Alla luce di quanto sopra scritto è bene, dunque, che coloro che amano il bel parlare e il bello scrivere non abusino di questo verbo plurivalente ma adoperino — secondo i casi — un verbo più appropriato, tranne, ovviamente, in alcune locuzioni particolari, proprie del nostro idioma, in cui andare la fa da padrone per dare una maggiore efficacia espressiva al discorso. Vediamole assieme.

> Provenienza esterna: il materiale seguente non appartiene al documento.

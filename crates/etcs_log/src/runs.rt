//! A whole log: from a source to a sink.

ghost use Rattle.std.specs.Prelude.{◌≡◌, ◌+◌, ◌*◌, ◌%◌, ◌<◌, ◌≤◌, ◌^◌, ◌⊎◌, ℕ, List, length, Err, IfOk, IfErr, OnOk};
ghost use Rattle.std.specs.Io.KnownBytes.{Consumes, IsAtEnd};
ghost use Rattle.etcs_runs.specs.Ends.{FailedBy, FlushedOnlyWhere};
ghost use Rattle.etcs_runs.specs.Passes.{counted};
ghost use Rattle.etcs_runs.specs.Pipes.{Piped, PipedFirst};
ghost use Rattle.etcs_runs.specs.Promises.{EndsWhole, StarvesIn};
ghost use Rattle.etcs_runs.specs.declared.fault.RunFault.{RunFault};
ghost use Rattle.etcs_log.specs.Logs.{IsLog};
ghost use Rattle.etcs_log.specs.Promised.{AllOutput, FirstOutput, WholeOutput, log_promises};

use crate::job::{LogJob, LogTally};
use crate::log::{LogEngine, LogLines};
use etcs_runs::inner::{Lines, run_engine};
use etcs_runs::{RunFault, Sink, Source};
use std::alloc::Global;

/// The most reads that a log may take: more than any run makes.
const MOST_READS: u64 = 1 << 49;

/// Reads a log with at most one item of the kinds in each line. It classifies each line once, in order:
///
/// - skipped, if it is blank or a comment;
/// - an item, if one of its candidates is one; the first such candidate counts. Of the bytes of the line's digits, which
///   `line_bytes` finds, these are candidates, as far as their kinds are asked for: all bytes as a long telegram, as a short
///   one (each time the bytes of the bits, if the digits are the bits of such a telegram) and as a message; then, of more
///   bytes, the last 104 as a long telegram and the last 27 as a short one;
/// - of another kind, if no candidate is an item, and only a kind that isn't asked for has items of this number of bytes;
/// - bad in all other cases, and if it has more than 1,048,576 characters.
///
/// If good lines are asked for, the sink takes the line of each item: its digits in upper case, after the kind's name if there
/// are several kinds, or JSON. All else is for `notes`, where a line about a line is JSON if good lines are: no clause says what
/// `notes` takes, and what it doesn't take is lost.
///
/// Otherwise the sink takes, in the order of the log, for each bad line `line`, its number and why it is bad, and for each line
/// of another kind `line`, its number, and the number of its bytes with the items that have it. If the bytes of a bad line, or
/// the bits that its digits are, are refused as an item of a kind, the first bit with which no item of the kind continues is
/// why, with its variable and the refusal in words. After the last line, if counts are asked for, it takes how many lines are
/// items, bad and, if any, of another kind, with further counts; and then, if groups are asked for, a line for each group of
/// the telegrams among the items. No clause says what the further counts are.
///
/// - `Ok`: the source is at its end, and the sink took all of that text and was flushed. The tally has how many lines are
///   items, bad, and of another kind.
///
/// The caller owes that the source's reads and failures and the sink's failures so far are fewer than 2^63 each, and those of
/// `notes` fewer than 2^62.
///
/// # Errors
///
/// - [`RunFault::Read`]: a read failed. The sink took the text of all lines that have a LF in what was read, and perhaps of one
///   after them that is too long;
/// - [`RunFault::Endless`]: the log isn't at its end after 2^49 reads. What was written is the same;
/// - [`RunFault::Memory`]: memory ran out. The sink took the text of some first lines, or of all lines without counts and
///   groups, and at least what it would have taken had a read failed at most 4,096 bytes earlier;
/// - [`RunFault::Write`]: a write or the flush at the end failed. The sink took the first bytes of the text of some first lines,
///   or of all that the run writes; the fault has their number, at most 2^64 - 1.
pub fn run_log<S: Source, W: Sink, N: Sink>(
    alloc: Global,
    job: LogJob,
    source: &mut S,
    sink: &mut W,
    notes: &mut N,
) -> Result<LogTally, RunFault>
    requires reads { S.reads source.old < 2 ^ 63 }
    requires read_failures { S.failures source.old < 2 ^ 63 }
    requires write_failures { W.failures sink.old < 2 ^ 63 }
    requires note_failures { N.failures notes.old < 2 ^ 62 }
    ensures ok { IfOk result (λ tally. Piped (λ given output. IsLog job given output tally) (S.remaining source.old) (S.remaining source.new) (W.contents sink.old) (W.contents sink.new)) }
    ensures at_end { OnOk result (IsAtEnd (S.remaining source.new) × (S.failures source.new ≡ S.failures source.old) × (W.failures sink.new ≡ W.failures sink.old)) }
    ensures one { W.failures sink.new ≤ W.failures sink.old + 1 }
    ensures faults { IfErr result (λ e. (e ≡ RunFault.Read) ⊎ (((n : ℕ) × (e ≡ RunFault.Write n)) ⊎ ((e ≡ RunFault.Endless) ⊎ (e ≡ RunFault.Memory)))) }
    ensures read { result ≡ Err RunFault.Read → Piped (WholeOutput job) (S.remaining source.old) (S.remaining source.new) (W.contents sink.old) (W.contents sink.new) }
    ensures write { (n : ℕ) → result ≡ Err (RunFault.Write n) → (k : ℕ) × (n ≡ counted k) × PipedFirst k (λ given output. (FirstOutput job given output ⊎ AllOutput job given output) ⊎ (IsAtEnd (S.remaining source.new) × EndsWhole (log_promises job) given output)) (S.remaining source.old) (S.remaining source.new) (W.contents sink.old) (W.contents sink.new) }
    ensures endless { result ≡ Err RunFault.Endless → (S.reads source.new ≡ S.reads source.old + 2 ^ 49) × Piped (λ given output. (2 ^ 49 ≤ length given) × WholeOutput job given output) (S.remaining source.old) (S.remaining source.new) (W.contents sink.old) (W.contents sink.new) }
    ensures memory { IfErr result (λ e. e ≡ RunFault.Memory → Piped (StarvesIn (log_promises job)) (S.remaining source.old) (S.remaining source.new) (W.contents sink.old) (W.contents sink.new)) }
    ensures flushed { OnOk result (W.flushes sink.new ≡ (W.flushes sink.old + 1) % 2 ^ 64) }
    ensures unflushed { IfErr result (λ e. FlushedOnlyWhere (W.flushes sink.old) (W.flushes sink.new) (Piped (λ given output. (e ≡ RunFault.Write (counted (length output))) × IsAtEnd (S.remaining source.new) × EndsWhole (log_promises job) given output) (S.remaining source.old) (S.remaining source.new) (W.contents sink.old) (W.contents sink.new))) }
    ensures reads { S.reads source.new ≤ S.reads source.old + 2 ^ 49 }
    ensures failures { IfErr result (λ e. FailedBy e (S.failures source.old) (S.failures source.new) (W.failures sink.old) (W.failures sink.new)) }
    ensures pieces { (given : List ℕ) × Consumes (S.remaining source.old) (S.remaining source.new) given × (length given + 4096 * S.reads source.old ≤ 4096 * S.reads source.new) }
{
    let mut engine = LogEngine {
        lines: Lines::new(alloc, LogLines::new(alloc, job)),
        notes,
    };
    let ended = run_engine(&mut engine, MOST_READS, alloc, source, sink);
    drop(engine);
    ended
}
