//! Counts what a log has.

ghost use Rattle.std.specs.Prelude.{◌≡◌, ◌<◌, ◌++◌, OnOk};
ghost use Rattle.std.specs.Fmt.{decimal};
ghost use Rattle.etcs_log.specs.Logs.{count_line, counts_front};

use crate::job::LogTally;
use crate::kinds::{Kinds, is_message_number, kind_name};
use crate::notes::Note;
use crate::refusals::{RefusalCount, count};
use etcs_packet_text::inner::write_decimal;
use etcs_packets::inner::AnyPacket;
use etcs_reasons::inner::{message_name, packet_name, way_of_message};
use etcs_tables::Way;
use etcs_text::{Entry, Kind};
use std::alloc::{AllocError, Global};
use std::fmt;

/// All kinds, in the order in which they are counted.
const KINDS: [Kind; 4] = [Kind::Long, Kind::Short, Kind::Radio, Kind::Train];

/// What items have, and where and why bad lines are refused, if that is asked for. No count passes 2^64 - 1.
#[derive(Drop)]
pub(crate) struct Counts {
    asked: bool,
    /// Items by their kinds, in the order of `KINDS`.
    items: [u64; 4],
    /// Messages that are kept as bits.
    kept: u64,
    /// Messages whose number SUBSET-026 doesn't have.
    unknown: u64,
    /// Packets to the train and to the track, by number.
    packets: [u64; 256],
    track: [u64; 256],
    messages: [u64; 256],
    refusals: Vec<RefusalCount>,
}

/// Counts packets by their numbers.
fn count_packets<P: AnyPacket>(packets: &[P], counts: &mut [u64; 256]) {
    for packet in packets {
        count(&mut counts[usize::from(packet.nid())]);
    }
}

/// What is written of a number beside its count: its name, and which way it goes.
#[derive(Clone, Copy)]
struct Named {
    /// The name in the standard, if it has the number.
    name: Option<&'static str>,
    way: &'static str,
}

impl fmt::Display for Named {
    fn fmt<W: fmt::Write>(&self, f: &mut fmt::Formatter<W>) -> fmt::Result {
        write!(f, "{}{}", self.name.unwrap_or("no such number"), self.way)
    }
}

/// Appends a line for each number of packets of a way that was counted.
fn write_packets(way: Way, counts: &[u64; 256], out: &mut String) -> Result<(), AllocError> {
    for number in 0..256 {
        if counts[number] > 0 {
            let named = Named {
                name: packet_name(way, number as u64),
                way: match way {
                    Way::ToTrain => "",
                    Way::ToTrack => ", to the track",
                },
            };
            writeln!(out, "packet {number} {} ({named})", counts[number])?;
        }
    }
    Ok(())
}

/// What is added to the name of a message: that it goes to the track; or to the train, if that isn't asked for.
fn message_way(kinds: Kinds, number: u8) -> &'static str {
    match way_of_message(number) {
        Some(Way::ToTrack) => ", to the track",
        Some(Way::ToTrain) if !kinds.radio => ", to the train",
        _ => "",
    }
}

/// Appends a line for each message's number that was counted.
fn write_messages(kinds: Kinds, counts: &[u64; 256], out: &mut String) -> Result<(), AllocError> {
    for number in 0..256 {
        if counts[number] > 0 {
            let name = message_name(number as u64);
            let way = if name.is_some() {
                message_way(kinds, number as u8)
            } else {
                ""
            };
            let named = Named { name, way };
            writeln!(out, "message {number} {} ({named})", counts[number])?;
        }
    }
    Ok(())
}

/// The place of a kind among `KINDS`.
fn place_of(kind: Kind) -> usize
    ensures { result < 4 }
{
    match kind {
        Kind::Long => 0,
        Kind::Short => 1,
        Kind::Radio => 2,
        Kind::Train => 3,
    }
}

/// If there are several kinds, appends a line for each: how many items are of it.
fn write_kinds(kinds: Kinds, counts: &[u64; 4], out: &mut String) -> Result<(), AllocError> {
    for kind in KINDS {
        if kinds.several() && kinds.contains(kind) {
            writeln!(out, "{} {}", kind_name(kind), counts[place_of(kind)])?;
        }
    }
    Ok(())
}

impl Counts {
    /// Nothing was counted.
    pub(crate) fn new(alloc: Global, asked: bool) -> Counts {
        Counts {
            asked,
            items: [0; 4],
            kept: 0,
            unknown: 0,
            packets: [0; 256],
            track: [0; 256],
            messages: [0; 256],
            refusals: Vec::new(alloc),
        }
    }

    /// Counts what is in an item.
    pub(crate) fn add_item(&mut self, kind: Kind, entry: &Entry) {
        if !self.asked {
            return;
        }
        count(&mut self.items[place_of(kind)]);
        match entry {
            Entry::Telegram(telegram) => count_packets(telegram.packets(), &mut self.packets),
            Entry::Message(message) => {
                self.add_message(message.nid(), message.kept_bits().is_some());
                count_packets(message.packets(), &mut self.packets);
            }
            Entry::Train(message) => {
                self.add_message(message.nid(), message.kept_bits().is_some());
                count_packets(message.packets(), &mut self.track);
            }
        }
    }

    /// Counts a message of this number, which may be kept as bits.
    fn add_message(&mut self, number: u8, kept: bool) {
        count(&mut self.messages[usize::from(number)]);
        if !is_message_number(number) {
            count(&mut self.unknown);
        }
        if kept {
            count(&mut self.kept);
        }
    }

    /// Counts the refusal that a note reports, if it reports one, by its variable and cause.
    ///
    /// # Errors
    ///
    /// If memory runs out.
    pub(crate) fn add_note(&mut self, note: &Note) -> Result<(), AllocError> {
        let Note::Refused(_, refusal) = note else {
            return Ok(());
        };
        if !self.asked {
            return Ok(());
        }
        for refusals in &mut self.refusals {
            if refusals.var == refusal.var {
                refusals.add(refusal.cause);
                return Ok(());
            }
        }
        self.refusals
            .push(RefusalCount::new(refusal.var, refusal.cause))?;
        Ok(())
    }

    /// Appends a line for each of several kinds, and for each count that isn't 0: messages kept as bits, messages of
    /// unknown numbers, packets by way and number, messages by number, refusals by variable and cause.
    ///
    /// # Errors
    ///
    /// If memory runs out. A part of the text may then be in `out`.
    pub(crate) fn write(&self, kinds: Kinds, out: &mut String) -> Result<(), AllocError> {
        write_kinds(kinds, &self.items, out)?;
        if self.kept > 0 {
            writeln!(out, "kept {}", self.kept)?;
        }
        if self.unknown > 0 {
            writeln!(out, "unknown {}", self.unknown)?;
        }
        write_packets(Way::ToTrain, &self.packets, out)?;
        write_packets(Way::ToTrack, &self.track, out)?;
        write_messages(kinds, &self.messages, out)?;
        for refusals in &self.refusals {
            writeln!(out, "{refusals}")?;
        }
        Ok(())
    }
}

/// Appends the lines of all counts, the further ones after those of items and bad lines.
///
/// # Errors
///
/// If memory runs out.
#[tactic(auto, using(std::proofs::Common::append_assoc))]
pub(crate) fn write_tally(
    tally: &LogTally,
    further: &str,
    out: &mut Vec<u8>,
) -> Result<(), AllocError>
    ensures { OnOk result (out.new.items ≡ out.old.items ++ (counts_front tally.now ++ further.now)) }
{
    out.extend_from_slice(b"items ")?;
    write_decimal(tally.items, out)?;
    out.extend_from_slice(b"\nbad ")?;
    write_decimal(tally.bad, out)?;
    out.extend_from_slice(b"\n")?;
    write_count(b"other ", tally.other, out)?;
    write_count(b"text ", tally.text, out)?;
    out.extend_from_slice(further.as_bytes())
}

/// Appends a line with this count, unless it is 0.
///
/// # Errors
///
/// If memory runs out.
#[tactic(auto, using(std::proofs::Common::append_assoc))]
fn write_count(name: &[u8], count: u64, out: &mut Vec<u8>) -> Result<(), AllocError>
    ensures { OnOk result (out.new.items ≡ out.old.items ++ count_line name.now count) }
{
    if count == 0 {
        return Ok(());
    }
    out.extend_from_slice(name)?;
    write_decimal(count, out)?;
    out.extend_from_slice(b"\n")
}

Andare a fondo, cioè esaminare attentamente una questione; andare a zonzo, gironzolare qua e là, senza una meta; andare per le lunghe, indugiare troppo, procedere con molta lentezza; andare a genio, piacere, soddisfare; andare per la maggiore, essere fra i primi, essere di moda; andare in fumo, non concludere nulla; andare a ruba, essere venduto in pochissimo tempo; andare a rotoli, essere rovinato; andare a nozze, sposarsi, ma anche piacere; andare con uno, frequentarlo assiduamente; andare a Canossa, pentirsi; andare col vento in poppa, procedere favorevolmente, non incontrare ostacoli di sorta; andare a vuoto, riuscire vano; andare per terra, cadere; andare in persona (desueto), recarsi personalmente; andare d’amore e d’accordo, essere in perfetta armonia con qualcuno.
Potremmo continuare, ma non vogliamo abusare della vostra pazienza. Non possiamo, però, chiudere queste noterelle senza ricordare che il verbo andare è bene adoperato per indicare un particolare modo di abbigliarsi, di atteggiarsi: andare pulito, vestito bene; andare in maniche di camicia.